Reiteradas veces escuchamos que la democracia se fortalece votando, que a través de las elecciones ejercemos nuestra responsabilidad cívica para con nuestro país. Sin embargo, aunque votar es un fundamento irremplazable e ineludible para una democracia funcional, no es suficiente. Si bien es cierto que pocos son los oficios más desprestigiados que la política, no hay ninguno tan crucial. Es por ello por lo que, en esa profesión, debemos elegir a los más competentes, los más inteligentes, los más honestos, y los más honrados; y eso únicamente se consigue de una manera: participando.
Iniciemos con el significado de la democracia. En el libro La República, la primera obra sobre políticas que leí durante mi tiempo como estudiante de ciencias políticas, Platón visualizó la democracia como una forma de gobierno que surge de la existencia plena de dos conceptos: la libertad y la igualdad. Todos las personas son libres de hacer su vida como les plazca, y todos los ciudadanos son iguales ante la Ley. Pero hay una particularidad en la existencia de la democracia, particularidad que la hace distinta a los demás sistemas políticos: la política no está en mano de los más capaces, sino en la mano de los que tiene la mayor habilidad de atraer las masas. La desviación del pragmatismo democrático, y por consiguiente de la libertad y la igualdad, nos conduce a gobiernos más incompetentes, al poder distribuido en mano de los “deseosos” y no de los más capacitados.

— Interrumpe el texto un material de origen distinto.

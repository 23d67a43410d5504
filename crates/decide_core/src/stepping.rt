//! Chains of few steps are enumerated, without a search, and nothing stays open. The results are cached like those
//! of a search, with the inputs in normal order. Chains of one or two steps are enumerated faster than they are
//! looked up.
ghost use Rattle.std.specs.Prelude.{◌≡◌, ◌≤◌, length, IfSome, IfNone, IfOk};
ghost use Rattle.spec_cache.specs.Order.{IsPermuting};
ghost use Rattle.decide_core.specs.Decided.{IsDecided, IsClosed, IsShorter, HasNone};

use crate::caching::{cached, copied, with_chain, without_chain};
use crate::deciding::Decided;
use crate::ordering::{permuted_header, reordered};
use crate::question::Question;
use cert_theory::Header;
use chain_core::Chain;
use spec_cache::{SpecCache, SpecKey, inverse, normal_order};
use std::alloc::{AllocError, Global};
use step_core::least_chain;

/// The most steps whose results aren't cached.
const UNCACHED_STEPS: u32 = 2;

/// Decides by enumeration.
#[tactic(auto, using(crate::specs::StepLaws::stepping))]
fn enumerated(alloc: Global, header: &Header) -> Result<Decided, AllocError>
    requires few { header.now.max ≤ 4 }
    ensures decided { IfOk result (λ decided. IsDecided header.now decided) }
    ensures closed { IfOk result IsClosed }
{
    match least_chain(alloc, &header.spec, header.basis, header.max)? {
        Some(chain) => Ok(Decided::Shorter(chain)),
        None => Ok(Decided::Least),
    }
}

/// The number of steps of a chain.
fn size_of(chain: &Chain) -> u32
    ensures { result ≡ length chain.now.steps }
{
    chain.steps().len() as u32
}

/// A chain that answers the header, or None if there is none: from the cache, or else by enumeration.
#[tactic(auto, using(crate::specs::StepLaws::stepping))]
fn known_steps(
    alloc: Global,
    cache: &mut SpecCache,
    question: Question,
) -> Result<Option<Chain>, AllocError>
    requires basis { cache.old.basis ≡ question.header.now.basis }
    requires few { question.header.now.max ≤ 4 }
    ensures some { IfOk result (λ found. IfSome found (λ chain. IsShorter question.entry.header.now chain)) }
    ensures none { IfOk result (λ found. IfNone found (HasNone question.entry.header.now)) }
    ensures basis { cache.new.basis ≡ cache.old.basis }
{
    let header = question.header;
    let key = SpecKey::of(alloc, &header.spec)?;
    let known = cache.fewest(&key);
    if header.max < known {
        return Ok(None);
    }
    if let Some(chain) = cached(alloc, cache, &key, header)? {
        return Ok(Some(chain));
    }
    match least_chain(alloc, &header.spec, header.basis, header.max)? {
        None => {
            cache.note(key, without_chain(header.max + 1, false))?;
            Ok(None)
        }
        Some(chain) => {
            let found = with_chain(size_of(&chain), copied(alloc, &chain)?);
            cache.note(key, found)?;
            Ok(Some(chain))
        }
    }
}

/// Decides by the cache or by enumeration, with the inputs permuted.
#[tactic(auto, using(crate::specs::OrderedLaws::ordering))]
fn enumerated_permuted(
    alloc: Global,
    cache: &mut SpecCache,
    question: Question,
    order: &[u32],
) -> Result<Decided, AllocError>
    requires basis { cache.old.basis ≡ question.header.now.basis }
    requires few { question.header.now.max ≤ 4 }
    requires order { IsPermuting question.header.now.spec.n order.now }
    ensures decided { IfOk result (λ decided. IsDecided question.entry.header.now decided) }
    ensures closed { IfOk result IsClosed }
    ensures basis { cache.new.basis ≡ cache.old.basis }
{
    let back = inverse(alloc, order)?;
    let permuted = permuted_header(alloc, question, order)?;
    match known_steps(alloc, cache, Question::new(&permuted))? {
        None => Ok(Decided::Least),
        Some(chain) => Ok(Decided::Shorter(reordered(alloc, &chain, &back)?)),
    }
}

/// Decides whether a chain of at most four steps implements the tables. Nothing stays open.
#[tactic(auto, using(crate::specs::OrderedLaws::ordering))]
pub(crate) fn decide_few(
    alloc: Global,
    cache: &mut SpecCache,
    question: Question,
) -> Result<Decided, AllocError>
    requires basis { cache.old.basis ≡ question.header.now.basis }
    requires few { question.header.now.max ≤ 4 }
    ensures decided { IfOk result (λ decided. IsDecided question.entry.header.now decided) }
    ensures closed { IfOk result IsClosed }
    ensures basis { cache.new.basis ≡ cache.old.basis }
{
    let header = question.header;
    if header.max <= UNCACHED_STEPS {
        return enumerated(alloc, header);
    }
    let order = normal_order(alloc, &header.spec)?;
    enumerated_permuted(alloc, cache, question, &order)
}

Ese proceso de desmoronamiento de una democracia pragmática está relacionado con la degeneración de la política doméstica. Palabras más, palabras menos, el descuido de la democracia facilita la aparición de líderes populistas. Estos prometen llevar la libertad individual a nuevos extremos, a los iguales le promete más igualdad, y a los desaventajados les ofrece promesas imposibles de cumplir: una vida completamente gratis. Pero ¿Qué papel tiene entonces el populismo? El populismo es una herramienta de polarización, la gobernanza contra los que, a su criterio, amenazan la democracia. El populista diluye la razón, debilita los argumentos, y apela a las peores de las pasiones que se esconden en el fondo oscuro de las personas. En la práctica, el populista le quita todo el respeto que le queda a la política, porque, según ellos, la democracia está en peligro, y sólo votando podemos salvarla: votándole a ellos, porque, herméticamente, ellos necesitan más tiempo en el poder para mejorar las cosas.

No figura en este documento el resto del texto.